=== Extracted information ===
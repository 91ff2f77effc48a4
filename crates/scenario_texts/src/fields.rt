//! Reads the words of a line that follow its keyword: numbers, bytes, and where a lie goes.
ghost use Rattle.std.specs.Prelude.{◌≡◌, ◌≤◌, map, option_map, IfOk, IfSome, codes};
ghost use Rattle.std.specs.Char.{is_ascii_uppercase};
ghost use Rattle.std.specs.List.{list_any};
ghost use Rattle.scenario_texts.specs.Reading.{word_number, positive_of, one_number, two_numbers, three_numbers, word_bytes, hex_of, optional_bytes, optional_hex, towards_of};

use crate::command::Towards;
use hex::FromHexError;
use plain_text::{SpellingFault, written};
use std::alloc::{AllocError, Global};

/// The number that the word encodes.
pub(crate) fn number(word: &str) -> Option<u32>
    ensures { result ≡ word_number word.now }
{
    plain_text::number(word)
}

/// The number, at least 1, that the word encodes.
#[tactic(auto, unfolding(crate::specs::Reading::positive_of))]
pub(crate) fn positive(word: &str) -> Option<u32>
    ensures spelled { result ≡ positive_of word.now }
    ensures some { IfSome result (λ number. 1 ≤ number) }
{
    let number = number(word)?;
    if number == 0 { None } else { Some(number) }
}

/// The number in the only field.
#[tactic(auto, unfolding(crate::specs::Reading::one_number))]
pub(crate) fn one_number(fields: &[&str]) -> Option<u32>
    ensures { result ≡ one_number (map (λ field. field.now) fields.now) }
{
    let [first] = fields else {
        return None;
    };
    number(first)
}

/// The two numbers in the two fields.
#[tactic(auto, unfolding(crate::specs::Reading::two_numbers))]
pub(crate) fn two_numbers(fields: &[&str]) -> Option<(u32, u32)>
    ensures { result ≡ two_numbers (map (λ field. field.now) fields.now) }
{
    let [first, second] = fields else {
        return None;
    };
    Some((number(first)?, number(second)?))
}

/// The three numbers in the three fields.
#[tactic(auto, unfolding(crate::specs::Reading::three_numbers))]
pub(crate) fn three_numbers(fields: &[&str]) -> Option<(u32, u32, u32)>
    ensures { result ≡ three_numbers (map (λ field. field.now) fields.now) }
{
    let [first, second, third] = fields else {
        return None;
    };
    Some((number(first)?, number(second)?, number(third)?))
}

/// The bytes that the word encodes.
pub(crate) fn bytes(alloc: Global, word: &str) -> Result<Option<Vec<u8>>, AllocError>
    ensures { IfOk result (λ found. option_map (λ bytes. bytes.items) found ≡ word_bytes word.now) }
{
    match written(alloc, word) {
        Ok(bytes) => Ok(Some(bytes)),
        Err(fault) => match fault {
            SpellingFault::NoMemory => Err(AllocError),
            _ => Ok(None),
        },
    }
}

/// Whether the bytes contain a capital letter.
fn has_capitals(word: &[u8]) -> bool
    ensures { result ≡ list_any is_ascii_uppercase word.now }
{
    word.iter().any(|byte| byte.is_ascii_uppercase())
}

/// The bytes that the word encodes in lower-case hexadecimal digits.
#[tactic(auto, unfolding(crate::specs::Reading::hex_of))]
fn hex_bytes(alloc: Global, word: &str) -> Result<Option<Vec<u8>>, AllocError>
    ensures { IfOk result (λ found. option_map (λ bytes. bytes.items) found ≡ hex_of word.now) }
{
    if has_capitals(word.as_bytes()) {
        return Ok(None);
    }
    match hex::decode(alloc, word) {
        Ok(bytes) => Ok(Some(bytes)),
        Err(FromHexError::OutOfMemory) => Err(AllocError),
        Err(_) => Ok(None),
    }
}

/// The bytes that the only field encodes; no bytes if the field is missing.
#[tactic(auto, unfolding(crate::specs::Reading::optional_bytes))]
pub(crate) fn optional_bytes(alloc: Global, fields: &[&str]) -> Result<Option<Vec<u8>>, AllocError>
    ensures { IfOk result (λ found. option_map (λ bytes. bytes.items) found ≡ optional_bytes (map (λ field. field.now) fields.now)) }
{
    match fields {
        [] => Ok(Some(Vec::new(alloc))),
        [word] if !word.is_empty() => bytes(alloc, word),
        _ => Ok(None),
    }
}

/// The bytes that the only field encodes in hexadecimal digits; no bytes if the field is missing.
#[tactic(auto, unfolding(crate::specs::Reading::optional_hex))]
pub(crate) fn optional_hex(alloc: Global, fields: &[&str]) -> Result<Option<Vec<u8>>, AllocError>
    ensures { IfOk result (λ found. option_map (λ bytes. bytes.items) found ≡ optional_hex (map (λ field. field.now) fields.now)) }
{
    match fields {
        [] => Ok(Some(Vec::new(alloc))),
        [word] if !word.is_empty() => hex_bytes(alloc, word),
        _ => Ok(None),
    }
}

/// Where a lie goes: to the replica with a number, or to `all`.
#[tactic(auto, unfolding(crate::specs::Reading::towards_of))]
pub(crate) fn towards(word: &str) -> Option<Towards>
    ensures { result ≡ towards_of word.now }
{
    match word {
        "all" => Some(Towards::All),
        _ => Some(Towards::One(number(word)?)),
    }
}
===
Identify the lines in the entries above that contain "IfOk", then copy them out.

= Reply =
ghost use Rattle.std.specs.Prelude.{◌≡◌, ◌≤◌, map, option_map, IfOk, IfSome, codes};
    ensures { IfOk result (λ found. option_map (λ bytes. bytes.items) found ≡ word_bytes word.now) }
    ensures { IfOk result (λ found. option_map (λ bytes. bytes.items) found ≡ hex_of word.now) }
    ensures { IfOk result (λ found. option_map (λ bytes. bytes.items) found ≡ optional_bytes (map (λ field. field.now) fields.now)) }
    ensures { IfOk result (λ found. option_map (λ bytes. bytes.items) found ≡ optional_hex (map (λ field. field.now) fields.now)) }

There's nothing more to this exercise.